## Directions for this task:
Please read the records below and return each line holding the string "match".

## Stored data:
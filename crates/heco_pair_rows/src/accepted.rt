use heco_row_steps::{Bench, text_of};
use std::alloc::Global;
use std::test::Fail;

// The source, both input texts, and what `plain` prints on each, with the marks of `text_of`.
const SMALL: &str =
    "f(in a[8], in b[8], out s) { for i in 0..8 { s += a[i]*b[i]; } }|a = 1 2 3 4 5 6 7 8$b = 1 1 1 1 1 1 1 1$|a = 2 2 2 2 2 2 2 2$b = 1 2 3 4 5 6 7 8$|s = 36$|s = 72$
f(in a[8], out y[7]) { for i in 0..7 { y[i] = a[i] + a[i+1]; } }|a = 1 2 3 4 5 6 7 8|a = 8 7 6 5 4 3 2 1|y = 3 5 7 9 11 13 15$|y = 15 13 11 9 7 5 3$
f(in a[8], out y[7]) { for i in 0..7 { y[i] = a[i] + a[i+1]; } }|a = 1 2 3 4 5 6 7 8|a = 1 2 3 4 5 6 7 8|y = 3 5 7 9 11 13 15$|y = 3 5 7 9 11 13 15$
f(in a[8], out y[7]) { for i in 0..7 { y[i] = a[i+1] - a[i]; } }|a = 1 2 3 4 5 6 7 8|a = 8 7 6 5 4 3 2 1|y = 1 1 1 1 1 1 1$|y = 256 256 256 256 256 256 256$
f(in x, out y) { y = x*x; y = y*y; y = y*y; }|x = 3|x = 2|y = 136$|y = 256$
f(out y) { y = 5; }|||y = 5$|y = 5$
f(in x) { }|x = 1|x = 2||
f(in x, out y) { y = x + 1; }|x = 0|x = 256|y = 1$|y = 0$
f(in x, in z, out y, out w[2]) { w[1] = x - z; y = -x; }|x = 2$z = 3|z = 2$x = 3|y = 255$w = 0 256$|y = 254$w = 0 1$
f(in x[3], out y) { int w[3] = {2, 3, 1}; for i in 0..3 { y += w[i]*x[i]; } }|x = 4 5 6|x = 1 0 0|y = 29$|y = 2$
f(in x[2], out y[2]) { int w[2] = {2, 3}; for i in 0..2 { y[i] = w[i]*x[i]; } }|x = 4 5|x = 1 256|y = 8 15$|y = 2 254$
f(in a[8], out y[8]) { for i in 0..8 { if i { y[i] = a[i-1]; } else { y[i] = a[7]; } } }|a = 1 2 3 4 5 6 7 8|a = 5 0 0 0 0 0 0 0|y = 8 1 2 3 4 5 6 7$|y = 0 5 0 0 0 0 0 0$";

// The same of larger presets.
const LARGE: &str =
    "params p32; fn f(in a[16], out s) { for i in 0..16 { s += a[i]*a[i]; } }|a =`1..16`|a =`16* 1`|s = 211$|s = 16$
params q32; fn f(in x, out y) { y = x*65536*65536; }|x = 3|x = 5|y = 3$|y = 5$
params p64; fn f(in a[64], out s) { for i in 0..64 { s += a[i]; } }|a =`64* 1`|a =`64* 256`|s = 64$|s = 193$";

// The same of the largest preset.
const LARGEST: &str =
    "params q512; fn f(in a[512], in b[512], out s) { for i in 0..512 { s += a[i]*b[i]; } }|a =`512* 1`$b =`512* 1`|a =`512* 2`$b =`512* 3`|s = 512$|s = 3072$";

// `pair` makes the same circuit and keys as the commands one after another; what it encrypted can be run, and what that
// gives is its result, of which `decrypt` prints the first row.
const STEPS: &str =
    "plain f.he f.in;plain f.he f.in2;compile f.he c0;draw c0 1 k e;keys c0 k s0 v0;pair f.he f.in f.in2 k e c s v t r;same c c0;same s s0;same v v0;run c v t r0;same r r0;decrypt c s r";

// Whether all print what the row says.
fn holds(alloc: Global, row: &str) -> Result<bool, Fail> {
    let mut fields = row.split('|');
    let mut bench = Bench::new(alloc, 0, 0, 0)?;
    bench.put_field(alloc, "f.he", fields.next().ok_or("no source")?)?;
    bench.put_field(alloc, "f.in", fields.next().ok_or("no inputs")?)?;
    bench.put_field(alloc, "f.in2", fields.next().ok_or("no second inputs")?)?;
    let first = text_of(alloc, fields.next().ok_or("no text")?)?;
    let second = text_of(alloc, fields.next().ok_or("no second text")?)?;
    bench.steps(alloc, STEPS)?;
    let want = format!(in alloc; "0||{first}{second}{first}--\n{second}{first}")?;
    Ok(bench.left(alloc)?.as_str() == want.as_str())
}

#[test]
fn each_row_prints_its_own_text(rt: HostRuntime) -> Result<(), Fail> {
    for row in SMALL.lines() {
        assert!(rt; holds(rt.alloc(), row)?, "{row}");
    }
    Ok(())
}

#[test]
fn larger_rows_print_their_own_texts(rt: HostRuntime) -> Result<(), Fail> {
    for row in LARGE.lines() {
        assert!(rt; holds(rt.alloc(), row)?, "{row}");
    }
    Ok(())
}

#[test]
fn rows_of_512_print_their_own_texts(rt: HostRuntime) -> Result<(), Fail> {
    assert!(rt; holds(rt.alloc(), LARGEST)?);
    Ok(())
}
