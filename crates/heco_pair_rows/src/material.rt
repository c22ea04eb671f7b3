use heco_row_steps::row_holds;
use std::test::Fail;

/// The dot product of eight with two texts of inputs, its circuit as `c0`, and material for it.
pub const START: &str =
    "put f.he f(in a[8], in b[8], out s) { for i in 0..8 { s += a[i]*b[i]~ } };put f.in a = 1 2 3 4 5 6 7 8$b = 1 1 1 1 1 1 1 1;put f.in2 a = 2 2 2 2 2 2 2 2$b = 1 2 3 4 5 6 7 8;compile f.he c0;draw c0 1 k e";

// Rows of steps; `start` stands for the steps above. With zeros in the second row the files are those of `exec`.
const ROWS: &str =
    "0|0|start;pair f.he f.in f.in2 k e c s v t r;length c 104;length s 22;length v 29967;length t 522;length r 266|0||s = 36$--$s = 72$
0|0|start;pair f.he f.in2 f.in k e c s v t r|0||s = 72$--$s = 36$
0|0|start;pair f.he f.in f.in2 k e c s v t r;picker last;pair f.he f.in f.in2 k e c1 s1 v1 t1 r1;picker drawn;pair f.he f.in f.in2 k e c2 s2 v2 t2 r2;same r1 r;same r2 r|0||s = 36$--$s = 72$s = 36$--$s = 72$s = 36$--$s = 72$
0|0|start;put f.in2 a = 0 0 0 0 0 0 0 0$b = 0 0 0 0 0 0 0 0;exec f.he f.in k e c1 s1 v1 t1 r1;pair f.he f.in f.in2 k e c s v t r;same c c1;same s s1;same v v1;same t t1;same r r1|0||s = 36$s = 36$--$s = 0$
0|0|start;set k 144 03;pair f.he f.in f.in2 k e c s v t r;absent c|3|k: Bounds at 144$|
0|0|start;cut k 16863;pair f.he f.in f.in2 k e c s v t r;absent c|3|k: Length at 16863$|
0|0|start;set e 48 02;pair f.he f.in f.in2 k e c s v t r;absent c|3|e: Bounds at 48$|
0|0|start;set e 96 00;pair f.he f.in f.in2 k e c s v t r;absent c|3|e: Length at 96$|
0|0|start;set k 144 03;set e 0 02;pair f.he f.in f.in2 k e c s v t r;absent c|3|k: Bounds at 144$|
0|0|start;pair f.he f.in f.in2 k no c s v t r;absent c|4|no: read fault$|
0|0|start;pair f.he f.in f.in2 k e c s v t|2|usage: heco COMMAND WORDS$|
0|0|start;pair f.he f.in f.in2 k e c s v t r r|2|usage: heco COMMAND WORDS$|
0|0|start;pair f.he f.in f.in k e c s v t r|2|usage: heco COMMAND WORDS$|
0|0|start;pair f.he f.in f.in2 k e f.in2 s v t r|2|usage: heco COMMAND WORDS$|";

#[test]
fn material_and_files_are_as_they_should_be(rt: HostRuntime) -> Result<(), Fail> {
    for row in ROWS.lines() {
        assert!(rt; row_holds(rt.alloc(), row, START)?, "{row}");
    }
    Ok(())
}
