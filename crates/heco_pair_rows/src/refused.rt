use heco_row_steps::Bench;
use std::alloc::Global;
use std::test::Fail;

// The source, both input texts, and the status and line of `pair`, with the marks of `text_of`. `none` stands for a file
// that is absent. No file of material is there.
const ROWS: &str =
    "f(in x, out y) { y = x*x; y = y*y; y = y*y; y = y*y; }|none|none|1|f.he: TooDeep out 0 index 0 bound 863747166108134984309
f(in a[8], out y) { y = a[8]; }|none|none|1|f.he:1:39: IndexRange
params p8;|none|none|1|f.he:1:11: Syntax
f(in x, out y) { y = x; }|x = 1|x = 257|3|f.in2:1: InputValue
f(in x, out y) { y = x; }|x = 1||3|f.in2: InputMissing 0
f(in x, in z, out y) { y = x; }|x = 1$z = 2|x = 1|3|f.in2: InputMissing 1
f(in x, out y) { y = x; }|x = 1|x = 1$x = 2$|3|f.in2:2: InputName
f(in x, out y) { y = x; }|x = 1|# x$x = 1 2|3|f.in2:2: InputCount
f(in x, out y) { y = x; }|x = 1|x 1|3|f.in2:1: InputText
f(in x, out y) { y = x; }|x = 1|x = 1\r|3|f.in2:1: InputText
f(in x, out y) { y = x; }|x = 257|x 1|3|f.in:1: InputValue
f(in x, out y) { y = x; }||x 1|3|f.in: InputMissing 0
f(in x, out y) { y = x; }|x 1|none|3|f.in:1: InputText
none|x = 1|x = 1|4|f.he: read fault
f(in x, out y) { y = x; }|none|x 1|4|f.in: read fault
f(in x, out y) { y = x; }|x = 1|none|4|f.in2: read fault
f(in x, out y) { y = x; }|x = 1|x = 2|4|k: read fault";

// The same of a text that is too long.
const LONG: &str = "f(in x, out y) { y = x; }|x = 1|`4194305* `|3|f.in2: InputLong";

// Whether `pair` refuses as the row says, and leaves nothing.
fn holds(alloc: Global, row: &str) -> Result<bool, Fail> {
    let mut fields = row.split('|');
    let mut bench = Bench::new(alloc, 0, 0, 0)?;
    bench.put_field(alloc, "f.he", fields.next().ok_or("no source")?)?;
    bench.put_field(alloc, "f.in", fields.next().ok_or("no inputs")?)?;
    bench.put_field(alloc, "f.in2", fields.next().ok_or("no second inputs")?)?;
    let status = fields.next().ok_or("no status")?;
    let line = fields.next().ok_or("no line")?;
    bench.steps(
        alloc,
        "pair f.he f.in f.in2 k e c s v t r;absent c;absent s;absent v;absent t;absent r",
    )?;
    let want = format!(in alloc; "{status}|{line}\n|")?;
    Ok(bench.left(alloc)?.as_str() == want.as_str())
}

#[test]
fn each_refusal_has_its_line(rt: HostRuntime) -> Result<(), Fail> {
    for row in ROWS.lines() {
        assert!(rt; holds(rt.alloc(), row)?, "{row}");
    }
    Ok(())
}

#[test]
fn a_refusal_of_length_has_its_line(rt: HostRuntime) -> Result<(), Fail> {
    assert!(rt; holds(rt.alloc(), LONG)?);
    Ok(())
}
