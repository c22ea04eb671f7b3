//! The command `pair`, beside those that it joins.
#![tactic(auto)]

#[cfg(test)]
mod accepted;
#[cfg(test)]
mod asked_twice;
#[cfg(test)]
mod faults;
#[cfg(test)]
mod material;
#[cfg(test)]
mod refused;
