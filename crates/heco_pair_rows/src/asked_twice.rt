use crate::material::START;
use heco_row_steps::Bench;
use std::cell::Cell;
use std::rc::Rc;
use std::test::Fail;

#[test]
fn a_picker_is_asked_twice_for_each_gate(rt: HostRuntime) -> Result<(), Fail> {
    let alloc = rt.alloc();
    let calls = Rc::new(alloc, Cell::new(0))?;
    let mut bench = Bench::new(alloc, 0, 0, 0)?;
    bench.steps(alloc, START)?;
    bench.counted(
        alloc,
        "pair f.he f.in f.in2 k e c s v t r",
        Rc::clone(&calls)?,
    )?;
    assert_eq!(rt; calls.get(), 16);
    Ok(())
}
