// The lines of a bench file.
#![tactic(auto)]

ghost use Rattle.std.specs.Prelude.{◌≡◌, ◌+◌};
ghost use Rattle.std.specs.Iterator.{YieldsFirstRef, item_count};
ghost use Rattle.file_numbers.specs.Numbers.{decimal_in, hexadecimal_in};
ghost use Rattle.file_lines.specs.Lines.{most_passes, line_by, word_line, title_of, line_of, lines_of, ended};

use layout_texts::Text;

// A line of a bench file, or another. A title names a text, or none that is known.
#[derive(Clone, Copy)]
pub enum Line {
    Titled(Option<Text>),
    Passes(u32),
    Word(usize, u32),
    Command(u32),
    Other,
}

// The most bytes that a bench file has.
pub const FILE_BYTES: usize = 65536;

// The most passes that it asks for.
pub const MOST_PASSES: u64 = 65535;

// What follows `passes=`.
fn passes(file: &[u8]) -> Line
    ensures { result ≡ line_by (decimal_in (most_passes + 1) file.now) (λ n. Line.Passes n) }
{
    match file_numbers::decimal(file, MOST_PASSES + 1) {
        Some(n) => Line::Passes(n),
        None => Line::Other,
    }
}

// What follows `word=`: PLACE:VALUE.
fn word(file: &[u8]) -> Line
    ensures { result ≡ word_line file.now }
{
    let k = file_bytes::find(file, b':');
    if file.len() <= k {
        return Line::Other;
    }
    let Some(place) = file_numbers::decimal(&file[..k], layout::FILE_PLACES as u64) else {
        return Line::Other;
    };
    let Some(value) = file_numbers::decimal(&file[k + 1..], file_numbers::WORD_VALUES) else {
        return Line::Other;
    };
    Line::Word(place as usize, value)
}

// What follows `command=`.
fn command(file: &[u8]) -> Line
    ensures { result ≡ line_by (hexadecimal_in file.now) (λ c. Line.Command c) }
{
    match file_numbers::hexadecimal(file) {
        Some(c) => Line::Command(c),
        None => Line::Other,
    }
}

// The text that a value names, if it is known.
#[tactic(auto, unfolding(crate::specs::Lines::title_of))]
fn titled(value: &[u8]) -> Option<Text>
    ensures { result ≡ title_of value.now }
{
    match value {
        b"1978" => Some(Text::Of1978),
        b"old" => Some(Text::Old),
        _ => None,
    }
}

// A line, without its LF.
pub fn read_line(file: &[u8]) -> Line
    ensures { result ≡ line_of file.now }
{
    if let Some(number) = file.strip_prefix(b"passes=") {
        return passes(number);
    }
    if let Some(pair) = file.strip_prefix(b"word=") {
        return word(pair);
    }
    if let Some(digits) = file.strip_prefix(b"command=") {
        return command(digits);
    }
    if let Some(value) = file.strip_prefix(b"text=") {
        return Line::Titled(titled(value));
    }
    Line::Other
}

// What is left of a file, line by line, each without its LF.
#[derive(Drop)]
pub struct Lines<'a>(pub &'a [u8]);

impl<'a> Iterator for Lines<'a> {
    type Item = &'a [u8];

    ghost next_gives = { YieldsFirstRef (λ s. lines_of s.0.now) };

    ghost remaining = { item_count (λ s. lines_of s.0.now) };

    fn next(&mut self) -> Option<&'a [u8]> {
        let left = self.0;
        if left.is_empty() {
            return None;
        }
        let k = file_bytes::find(left, b'\n');
        if left.len() <= k {
            self.0 = &left[left.len()..];
            return Some(left);
        }
        self.0 = &left[k + 1..];
        Some(&left[..k])
    }
}

// Whether a file has at most 65,536 bytes and ends in LF.
pub fn ended(file: &[u8]) -> bool
    ensures { result ≡ ended file.now }
{
    let n = file.len();
    if FILE_BYTES < n {
        return false;
    }
    if n == 0 {
        return false;
    }
    file[n - 1] == b'\n'
}
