// What trials of generated rows have in common: pseudo-random numbers, and the figure of a row, computed plainly.
#![tactic(auto)]

ghost use Rattle.std.specs.Prelude.{◌≡◌, ◌+◌, ◌<◌, min};
ghost use Rattle.trials.specs.Trials.{stepped, rolled, figured};

use field::{Element, Field};

// A linear congruential generator: the same numbers in every run.
#[derive(Drop)]
pub struct Dice(u64);

impl Dice {
    pub fn new(seed: u64) -> Dice
        ensures { result.0 ≡ seed }
    {
        Dice(seed)
    }

    // A number below a bound, and 0 where the bound is 0.
    pub fn roll(&mut self, bound: u32) -> u32
        ensures state { self.new.0 ≡ stepped self.old.0 }
        ensures is { result ≡ rolled (stepped self.old.0) bound }
        ensures below { 0 < bound → result < bound }
    {
        let next = self.0.wrapping_mul(6364136223846793005);
        self.0 = next.wrapping_add(1442695040888963407);
        ((self.0 >> 33) % u64::from(bound.max(1))) as u32
    }

    // Any element of a field.
    pub fn element<F: Field>(&mut self) -> Element
        ensures state { self.new.0 ≡ stepped self.old.0 }
        ensures is { result.0 ≡ rolled (stepped self.old.0) F.model.size }
    {
        Element(self.roll(F::size()))
    }
}

// The field sum of weight times value, over the members that have both.
pub fn figure<F: Field>(row: &[Element], table: &[Element]) -> Element
    ensures { result ≡ figured F.model row.now table.now }
{
    row.iter()
        .zip(table.iter())
        .fold(Element(0), |sum, (weight, value)| {
            F::add(sum, F::mul(*weight, *value))
        })
}

// Counts one more, and stays at the greatest count.
pub fn count_one(count: &mut usize)
    ensures { count.new ≡ min (count.old + 1) usize.MAX }
{
    *count = count.saturating_add(1);
}
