//! Terms and facts.
ghost use Rattle.std.specs.Prelude.{◌≡◌, ◌↔◌, IsTrue, IfOk};
ghost use Rattle.vocabulary.specs.Terms.{IsKnown, text_of, wrapped};

use crate::{ClassId, Dir, LinkId, Name, ValueKind};
use sqlite_items::Boxed;
use std::alloc::{AllocError, Global};

/// What a fact speaks of. Fresh terms nest some thousand deep, so what walks through them is a loop.
#[derive(Debug)]
pub enum Term {
    /// An object by its IRI. Different IRIs are different objects.
    Named(Name),
    /// A value by its kind and its canonical text.
    Value(ValueKind, Name),
    /// A fresh term: for `Fwd` the unknown second member of the link at the term, for `Back` the
    /// unknown first member. It is the Skolem term of the axiom that gives it.
    New(LinkId, Dir, Boxed<Term>),
}

/// A membership assertion: a term in a class, or two terms in a link.
#[derive(Debug, Drop)]
pub enum Fact {
    InClass(ClassId, Term),
    Linked(LinkId, Term, Term),
}

impl Term {
    /// Whether the term is a name or a value, and not fresh.
    pub fn is_known(&self) -> bool
        ensures { IsTrue result ↔ IsKnown self.now }
    {
        match self {
            Term::New(_, _, _) => false,
            _ => true,
        }
    }

    /// The text of a name or a value; a fresh term has the text of the one that it is at.
    pub fn text(&self) -> &Name
        ensures { result.now ≡ text_of self.now }
    {
        let mut term = self;
        while let Term::New(_, _, parent) = term {
            term = parent.get();
        }
        match term {
            Term::Named(text) => text,
            Term::Value(_, text) => text,
            Term::New(_, _, _) => unreachable!(),
        }
    }

    #[tactic(auto, using(crate::proofs::Wrapping::same_layer))]
    pub fn same(&self, other: &Term) -> bool
        ensures { IsTrue result ↔ (self.now ≡ other.now) }
    {
        let (mut one, mut two) = (self, other);
        while let (Term::New(p, d, t), Term::New(q, e, u)) = (one, two) {
            if p.0 != q.0 || *d != *e {
                return false;
            }
            one = t.get();
            two = u.get();
        }
        match (one, two) {
            (Term::Named(a), Term::Named(b)) => a.same(b),
            (Term::Value(k, a), Term::Value(l, b)) => *k == *l && a.same(b),
            _ => false,
        }
    }

    #[tactic(auto, using(crate::proofs::Wrapping::wrapped_last))]
    pub fn copy(&self, alloc: Global) -> Result<Term, AllocError>
        ensures { IfOk result (λ t. t ≡ self.now) }
    {
        let mut layers = Vec::new(alloc);
        let mut inner = self;
        while let Term::New(p, d, t) = inner {
            layers.push((*p, *d))?;
            inner = t.get();
        }
        let core = inner.copy_known(alloc)?;
        wrap(alloc, layers, core)
    }

    // A copy of a name or a value.
    fn copy_known(&self, alloc: Global) -> Result<Term, AllocError>
        requires { IsKnown self.now }
        ensures { IfOk result (λ t. t ≡ self.now) }
    {
        match self {
            Term::Named(a) => Ok(Term::Named(a.copy(alloc)?)),
            Term::Value(k, a) => Ok(Term::Value(*k, a.copy(alloc)?)),
            Term::New(_, _, _) => unreachable!(),
        }
    }
}

impl Drop for Term {
    fn drop(mut self) {
        loop {
            match self {
                Term::Named(_) | Term::Value(_, _) => return,
                Term::New(_, _, inner) => self = inner.into_inner(),
            }
        }
    }
}

// The fresh term of these layers, the outermost first, around a term.
#[tactic(auto, using(crate::proofs::Wrapping::wrapped_last))]
fn wrap(alloc: Global, layers: Vec<(LinkId, Dir)>, core: Term) -> Result<Term, AllocError>
    ensures { IfOk result (λ t. t ≡ wrapped layers.items core) }
{
    let mut layers = layers;
    let mut term = core;
    while let Some((link, dir)) = layers.pop() {
        term = Term::New(link, dir, Boxed::new(alloc, term)?);
    }
    Ok(term)
}

impl Fact {
    pub fn same(&self, other: &Fact) -> bool
        ensures { IsTrue result ↔ (self.now ≡ other.now) }
    {
        match (self, other) {
            (Fact::InClass(a, t), Fact::InClass(b, u)) => a.0 == b.0 && t.same(u),
            (Fact::Linked(p, s, t), Fact::Linked(q, u, v)) => p.0 == q.0 && s.same(u) && t.same(v),
            _ => false,
        }
    }

    pub fn copy(&self, alloc: Global) -> Result<Fact, AllocError>
        ensures { IfOk result (λ f. f ≡ self.now) }
    {
        match self {
            Fact::InClass(a, t) => Ok(Fact::InClass(*a, t.copy(alloc)?)),
            Fact::Linked(p, s, t) => Ok(Fact::Linked(*p, s.copy(alloc)?, t.copy(alloc)?)),
        }
    }
}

## Answer to this task:
    match file_numbers::decimal(file, MOST_PASSES + 1) {
    match file_numbers::hexadecimal(file) {
    match value {
        match self {
        match term {
        match (one, two) {
        match self {
            match self {
        match (self, other) {
        match self {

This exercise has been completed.